▶ **Instructions for the task**
Which lines run from the one containing "pub fn sorted_ids(alloc: Global, graph: &Graph, at: &[Pos])" to the end of the entries below? Reproduce them exactly, both ends included.
Segment Start: Available data
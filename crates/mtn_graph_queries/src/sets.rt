// Sets of positions that the graph has no call for.
ghost use Rattle.std.specs.Prelude.{◌≡◌, ◌<◌, ◌↔◌, ℕ, length, Contains, IsTrue, IfOk};
ghost use Rattle.mtn_ancestry.specs.Log.{list_of, parents_of};
ghost use Rattle.mtn_ancestry.specs.Sets.{IsAscendingListOf};
ghost use Rattle.mtn_graph_queries.specs.Places.{IsWanted};

use mtn_ancestry::{Graph, ParentList, Pos, PosSet};
use mtn_base::NoMemory;
use std::alloc::Global;

// Which revisions are wanted, by their parents.
#[derive(Clone, Copy)]
pub enum Wanted {
    Any,
    Roots,
    Children { of: Pos },
}

fn has_parent(parents: &ParentList, of: Pos) -> bool
    ensures { IsTrue result ↔ Contains (list_of parents.now) of }
{
    match parents {
        ParentList::Zero => false,
        ParentList::One(p) => p.0 == of.0,
        ParentList::Two(p, q) => p.0 == of.0 || q.0 == of.0,
    }
}

fn is_wanted(wanted: &Wanted, parents: &ParentList) -> bool
    ensures { IsTrue result ↔ IsWanted wanted.now (list_of parents.now) }
{
    match wanted {
        Wanted::Any => true,
        Wanted::Roots => matches!(parents, ParentList::Zero),
        Wanted::Children { of } => has_parent(parents, *of),
    }
}

// The positions of the wanted revisions.
pub fn places_of(alloc: Global, graph: &Graph, wanted: &Wanted) -> Result<Vec<Pos>, NoMemory>
    ensures { IfOk result (λ v. (x : ℕ) → Contains v.items x ↔ ((x < length graph.now) × IsWanted wanted.now (parents_of graph.now x))) }
{
    let log = graph.entries();
    let mut found = Vec::new(alloc);
    for at in 0..log.len() {
        if is_wanted(wanted, &log[at].parents) {
            found.push(Pos(at as u64))?;
        }
    }
    Ok(found)
}

fn is_in_neither(at: Pos, some: &PosSet, others: &PosSet) -> bool
    ensures { IsTrue result ↔ (¬ Contains some.now at × ¬ Contains others.now at) }
{
    !some.has(at) && !others.has(at)
}

// The positions of a set that are in neither of two others.
pub fn without(
    alloc: Global,
    all: &PosSet,
    some: &PosSet,
    others: &PosSet,
) -> Result<Vec<Pos>, NoMemory>
    ensures { IfOk result (λ v. IsAscendingListOf (λ x. Contains all.now x × ¬ Contains some.now x × ¬ Contains others.now x) v.items) }
{
    let mut found = Vec::new(alloc);
    for at in all.as_slice() {
        if is_in_neither(*at, some, others) {
            found.push(*at)?;
        }
    }
    Ok(found)
}
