//! The queries of the graph of revisions: Monotone's `parents`, `children`, `ancestors`, `descendents`,
//! `common_ancestors`, `erase_ancestors`, `toposort`, `ancestry_difference`, `leaves`, `roots` and `graph`.
//!
//! A query names revisions by their ids, and its answer is a list of ids (`specs/Queries.antt` of `mtn_answers`): exactly
//! those that it asks for, each once, by ascending ids, or in log order where the query says so. The first
//! id that the graph does not have is answered before all else.
//!
//! The crate above relies on this: an answer is that of every history that the graph tells, and there is
//! no other. Cost: at most one sweep of the log for each call of [`mtn_ancestry::Graph`], and the sorting of
//! the ids that are answered.
#![tactic(auto)]

mod answers;
mod graph;
mod ids;
mod places;
mod query;
mod sets;

pub use answers::answer;
pub use graph::lines;
pub use mtn_answers::{Line, Query};
pub use query::QueryError;
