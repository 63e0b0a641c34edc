// Each query over the graph.
ghost use Rattle.std.specs.Prelude.{◌≡◌, ◌<◌, List as Seq, Some, length, IfOk};
ghost use Rattle.mtn_base.specs.declared.id.Id.{Id};
ghost use Rattle.mtn_history_laws.specs.History.{IsPlaceOf, Revision};
ghost use Rattle.mtn_replay.specs.Graphs.{IsGraphOf};
ghost use Rattle.mtn_base.specs.Ids.{by_id};
ghost use Rattle.mtn_base.specs.Lists.{IsListOf};
ghost use Rattle.mtn_answers.specs.Queries.{IsAnswer, IsParent};
ghost use Rattle.mtn_graph_queries.specs.Queries.{AnswersQuery};

use crate::ids::{ids_at, sorted_ids};
use crate::places::{place, places};
use crate::sets::{Wanted, places_of, without};
use crate::{Query, QueryError};
use mtn_ancestry::{Graph, ParentList, Pos, PosSet};
use mtn_base::{Id, List, NoMemory};
use std::alloc::Global;

/// The answer to a query; Unknown with the first id that it names and the graph does not have.
pub fn answer(alloc: Global, graph: &Graph, query: &Query) -> Result<List<Id>, QueryError>
    ensures { (h : Seq Revision) → IsGraphOf h graph.now → AnswersQuery h query.now result }
{
    match query {
        Query::Parents { of } => parents(alloc, graph, *of),
        Query::Children { of } => children(alloc, graph, *of),
        Query::Ancestors { of } => ancestors(alloc, graph, of.as_slice()),
        Query::Descendents { of } => descendents(alloc, graph, of.as_slice()),
        Query::CommonAncestors { of, others } => common(alloc, graph, *of, others.as_slice()),
        Query::EraseAncestors { of } => erase_ancestors(alloc, graph, of.as_slice()),
        Query::Toposort { of } => toposort(alloc, graph, of.as_slice()),
        Query::AncestryDifference { of, without } => difference(
            alloc,
            graph,
            *of,
            without.as_slice(),
        ),
        Query::Leaves => Ok(leaves(alloc, graph)?),
        Query::Roots => Ok(roots(alloc, graph)?),
    }
}

// The parents of the revision at a position, by ascending ids.
pub fn parents_at(alloc: Global, graph: &Graph, at: Pos) -> Result<List<Id>, NoMemory>
    requires { at < length graph.now }
    ensures { IfOk result (λ ids. (h : Seq Revision) → (id : Id) → IsGraphOf h graph.now → IsPlaceOf h id at → IsListOf by_id (λ x. IsParent h x id) ids) }
{
    match graph.entries()[at.0 as usize].parents {
        ParentList::Zero => sorted_ids(alloc, graph, &[]),
        ParentList::One(p) => sorted_ids(alloc, graph, &[p]),
        ParentList::Two(p, q) => sorted_ids(alloc, graph, &[p, q]),
    }
}

fn parents(alloc: Global, graph: &Graph, of: Id) -> Result<List<Id>, QueryError>
    ensures { (h : Seq Revision) → IsGraphOf h graph.now → AnswersQuery h (Query.Parents of) result }
{
    let at = place(graph, of)?;
    Ok(parents_at(alloc, graph, at)?)
}

fn children(alloc: Global, graph: &Graph, of: Id) -> Result<List<Id>, QueryError>
    ensures { (h : Seq Revision) → IsGraphOf h graph.now → AnswersQuery h (Query.Children of) result }
{
    let at = place(graph, of)?;
    let found = places_of(alloc, graph, &Wanted::Children { of: at })?;
    Ok(sorted_ids(alloc, graph, &found)?)
}

fn ancestors(alloc: Global, graph: &Graph, of: &[Id]) -> Result<List<Id>, QueryError>
    ensures { (h : Seq Revision) → IsGraphOf h graph.now → AnswersQuery h (Query.Ancestors of.now) result }
{
    let at = places(alloc, graph, of)?;
    let found = graph.ancestors(alloc, &at)?;
    Ok(sorted_ids(alloc, graph, found.as_slice())?)
}

fn descendents(alloc: Global, graph: &Graph, of: &[Id]) -> Result<List<Id>, QueryError>
    ensures { (h : Seq Revision) → IsGraphOf h graph.now → AnswersQuery h (Query.Descendents of.now) result }
{
    let at = places(alloc, graph, of)?;
    let found = graph.descendents(alloc, &at)?;
    Ok(sorted_ids(alloc, graph, found.as_slice())?)
}

fn common(alloc: Global, graph: &Graph, of: Id, others: &[Id]) -> Result<List<Id>, QueryError>
    ensures { (h : Seq Revision) → IsGraphOf h graph.now → AnswersQuery h (Query.CommonAncestors of others.now) result }
{
    let first = place(graph, of)?;
    let mut at = places(alloc, graph, others)?;
    at.push(first)?;
    let found = graph.common(alloc, &at)?;
    Ok(sorted_ids(alloc, graph, found.as_slice())?)
}

fn erase_ancestors(alloc: Global, graph: &Graph, of: &[Id]) -> Result<List<Id>, QueryError>
    ensures { (h : Seq Revision) → IsGraphOf h graph.now → AnswersQuery h (Query.EraseAncestors of.now) result }
{
    let at = places(alloc, graph, of)?;
    let found = graph.erase_ancestors(alloc, &at)?;
    Ok(sorted_ids(alloc, graph, found.as_slice())?)
}

fn toposort(alloc: Global, graph: &Graph, of: &[Id]) -> Result<List<Id>, QueryError>
    ensures { (h : Seq Revision) → IsGraphOf h graph.now → AnswersQuery h (Query.Toposort of.now) result }
{
    let at = places(alloc, graph, of)?;
    let found = graph.toposort(alloc, &at)?;
    Ok(List::from_vec(ids_at(alloc, graph, &found)?))
}

fn difference(alloc: Global, graph: &Graph, of: Id, others: &[Id]) -> Result<List<Id>, QueryError>
    ensures { (h : Seq Revision) → IsGraphOf h graph.now → AnswersQuery h (Query.AncestryDifference of others.now) result }
{
    let first = place(graph, of)?;
    let at = places(alloc, graph, others)?;
    let all = graph.common(alloc, &[first])?;
    let given = PosSet::new(alloc, graph.toposort(alloc, &at)?)?;
    let above = graph.ancestors(alloc, &at)?;
    let found = without(alloc, &all, &given, &above)?;
    Ok(List::from_vec(ids_at(alloc, graph, &found)?))
}

fn leaves(alloc: Global, graph: &Graph) -> Result<List<Id>, NoMemory>
    ensures { IfOk result (λ ids. (h : Seq Revision) → IsGraphOf h graph.now → IsAnswer h Query.Leaves ids) }
{
    let all = places_of(alloc, graph, &Wanted::Any)?;
    let found = graph.erase_ancestors(alloc, &all)?;
    sorted_ids(alloc, graph, found.as_slice())
}

fn roots(alloc: Global, graph: &Graph) -> Result<List<Id>, NoMemory>
    ensures { IfOk result (λ ids. (h : Seq Revision) → IsGraphOf h graph.now → IsAnswer h Query.Roots ids) }
{
    let found = places_of(alloc, graph, &Wanted::Roots)?;
    sorted_ids(alloc, graph, &found)
}
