//! The check of stored rosters, in pieces on several threads: whether a revision's roster, its marks and its births are those
//! that its text makes of its parents' ones.
//!
//! A *job* has a revision's text and id, its position in the log, and the whole records of its own roster and its parents', which
//! jobs share; of two parents also what each has above it that the other lacks. The jobs of one call are cut by position into as
//! many runs as there are pieces, or jobs where these are fewer. Each run is a piece of work on a thread of its own, and passes a
//! gate before it begins.
//!
//! The crates above rely on this: the verdict is `Agrees` exactly where the text reads, its edges name as many parents as there
//! are records, each record is whole and spells a roster, the changes and the joining have no fault, and the stored roster is
//! what they make, with the marks of the rule and each birth; and [`check_pieces`] answers one verdict per job, in order, for
//! every number of pieces. Numbers of nodes are no part of it, nor are the limits of a tree, its manifest and its files. Over a
//! history, a stored roster that agrees is that of the next revision ([`laws`]). No clause says that several threads ran.
//!
//! Cost: of a job what reading its text, rebuilding its parents' rosters, applying, joining, marking, and a look at each stored
//! entry cost; the time of the longest run, on as many processors as there are pieces.
#![tactic(auto)]

mod job;
pub mod laws;
mod pieces;
mod reading;
mod same_marks;
mod shared;
mod trees;
mod verdict;

pub use job::{CheckJob, Verdict};
pub use pieces::check_pieces;
pub use reading::{revision_of, roster_of};
pub use shared::{SharedEntries, SharedRecord};
pub use verdict::check_one;
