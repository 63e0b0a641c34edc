// The tree that a text's edges make of the parents' ones.
ghost use Rattle.std.specs.Prelude.{IfOk};
ghost use Rattle.mtn_apply.specs.Old.{tree_in};
ghost use Rattle.mtn_changeset_laws.specs.Laws.{RenamesDiffer};
ghost use Rattle.mtn_check_pieces.specs.Verdict.{IsOneOf, IsEdgeTree, IsJoining, IsMergedTree};

use crate::CheckJob;
use mtn_apply::{ApplyError, apply, none_is_born};
use mtn_base::{Id, NoMemory};
use mtn_changes::Edge;
use mtn_join::{JoinError, common_are_known, join};
use mtn_roster::Roster;
use std::alloc::Global;

/// The tree of an edge, if it makes one.
pub fn edge_tree(
    alloc: Global,
    new: Id,
    old: Option<&Roster>,
    edge: &Edge,
) -> Result<Option<Roster>, NoMemory>
    requires { RenamesDiffer edge.now.changes }
    ensures { IfOk result (IsOneOf (IsEdgeTree new (tree_in old.entry) edge.now)) }
{
    if !none_is_born(old, new) {
        return Ok(None);
    }
    match apply(alloc, old, &edge.changes, new) {
        Ok(roster) => Ok(Some(roster)),
        Err(ApplyError::BadChange { .. }) => Ok(None),
        Err(ApplyError::NoMemory) => Err(NoMemory),
    }
}

// The joining of the trees of both edges, if they can be joined.
fn joining(
    alloc: Global,
    job: &CheckJob,
    left: Roster,
    right: Roster,
) -> Result<Option<Roster>, NoMemory>
    ensures { IfOk result (IsOneOf (IsJoining job.now left right)) }
{
    let only_left = &job.only_left.ids;
    let only_right = &job.only_right.ids;
    if !common_are_known(&left, &right, job.id, only_left, only_right) {
        return Ok(None);
    }
    match join(alloc, left, right, job.id, only_left, only_right) {
        Ok(roster) => Ok(Some(roster)),
        Err(JoinError::NoMemory) => Err(NoMemory),
        Err(_) => Ok(None),
    }
}

/// The tree of two edges, if they make one.
pub fn merged_tree(
    alloc: Global,
    job: &CheckJob,
    left: &Roster,
    right: &Roster,
    first: &Edge,
    second: &Edge,
) -> Result<Option<Roster>, NoMemory>
    requires first { RenamesDiffer first.now.changes }
    requires second { RenamesDiffer second.now.changes }
    ensures { IfOk result (IsOneOf (IsMergedTree job.now left.now right.now first.now second.now)) }
{
    let Some(ours) = edge_tree(alloc, job.id, Some(left), first)? else {
        return Ok(None);
    };
    let Some(theirs) = edge_tree(alloc, job.id, Some(right), second)? else {
        return Ok(None);
    };
    joining(alloc, job, ours, theirs)
}
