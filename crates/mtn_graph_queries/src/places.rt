// Where the revisions that a query names stand.
ghost use Rattle.std.specs.Prelude.{◌∷◌, [], ◌<◌, List, length, All, IfOk, IfErr};
ghost use Rattle.std.specs.List.{AllZip};
ghost use Rattle.mtn_history_laws.specs.History.{IsPlaceOf, Revision};
ghost use Rattle.mtn_replay.specs.Graphs.{IsGraphOf};
ghost use Rattle.mtn_graph_queries.specs.Queries.{NamesUnknown};

use crate::QueryError;
use mtn_ancestry::{Graph, Pos};
use mtn_base::Id;
use std::alloc::Global;

// Where a revision stands.
pub fn place(graph: &Graph, id: Id) -> Result<Pos, QueryError>
    ensures within { IfOk result (λ at. at < length graph.now) }
    ensures found { (h : List Revision) → IsGraphOf h graph.now → IfOk result (IsPlaceOf h id) }
    ensures unknown { (h : List Revision) → IsGraphOf h graph.now → IfErr result (NamesUnknown h (id ∷ [])) }
{
    match graph.find(id) {
        Some(at) => Ok(at),
        None => Err(QueryError::Unknown(id)),
    }
}

// Where these stand, in their order, or the first that stands nowhere.
pub fn places(alloc: Global, graph: &Graph, ids: &[Id]) -> Result<Vec<Pos>, QueryError>
    ensures within { IfOk result (λ v. All (λ at. at < length graph.now) v.items) }
    ensures found { (h : List Revision) → IsGraphOf h graph.now → IfOk result (λ v. AllZip (IsPlaceOf h) ids.now v.items) }
    ensures unknown { (h : List Revision) → IsGraphOf h graph.now → IfErr result (NamesUnknown h ids.now) }
{
    let mut at = Vec::new(alloc);
    for id in ids {
        at.push(place(graph, *id)?)?;
    }
    Ok(at)
}
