// The ids of positions.
ghost use Rattle.std.specs.Prelude.{◌≡◌, Contains, IfOk};
ghost use Rattle.mtn_ancestry.specs.Log.{IsLog};
ghost use Rattle.mtn_graph_queries.specs.Places.{ids_at as at_places};
ghost use Rattle.mtn_base.specs.Ids.{by_id};
ghost use Rattle.mtn_base.specs.Lists.{IsListOf};

use mtn_ancestry::{Graph, Pos};
use mtn_base::{Id, List, NoMemory, put_in_order};
use std::alloc::Global;

// The ids of the revisions at these positions, in their order.
pub fn ids_at(alloc: Global, graph: &Graph, at: &[Pos]) -> Result<Vec<Id>, NoMemory>
    ensures log { IsLog graph.now }
    ensures ids { IfOk result (λ ids. ids.items ≡ at_places graph.now at.now) }
{
    let _count = graph.len();
    Ok(at.iter().filter_map(|at| graph.id(*at)).collect(alloc)?)
}

// The same by ascending ids, each once.
pub fn sorted_ids(alloc: Global, graph: &Graph, at: &[Pos]) -> Result<List<Id>, NoMemory>
    ensures log { IsLog graph.now }
    ensures sorted { IfOk result (IsListOf by_id (Contains (at_places graph.now at.now))) }
{
    let mut ids = ids_at(alloc, graph, at)?;
    put_in_order(&mut ids);
    Ok(List::from_vec(ids))
}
Segment End: Available data
▶ **Expected output**
pub fn sorted_ids(alloc: Global, graph: &Graph, at: &[Pos]) -> Result<List<Id>, NoMemory>
    ensures log { IsLog graph.now }
    ensures sorted { IfOk result (IsListOf by_id (Contains (at_places graph.now at.now))) }
{
    let mut ids = ids_at(alloc, graph, at)?;
    put_in_order(&mut ids);
    Ok(List::from_vec(ids))
}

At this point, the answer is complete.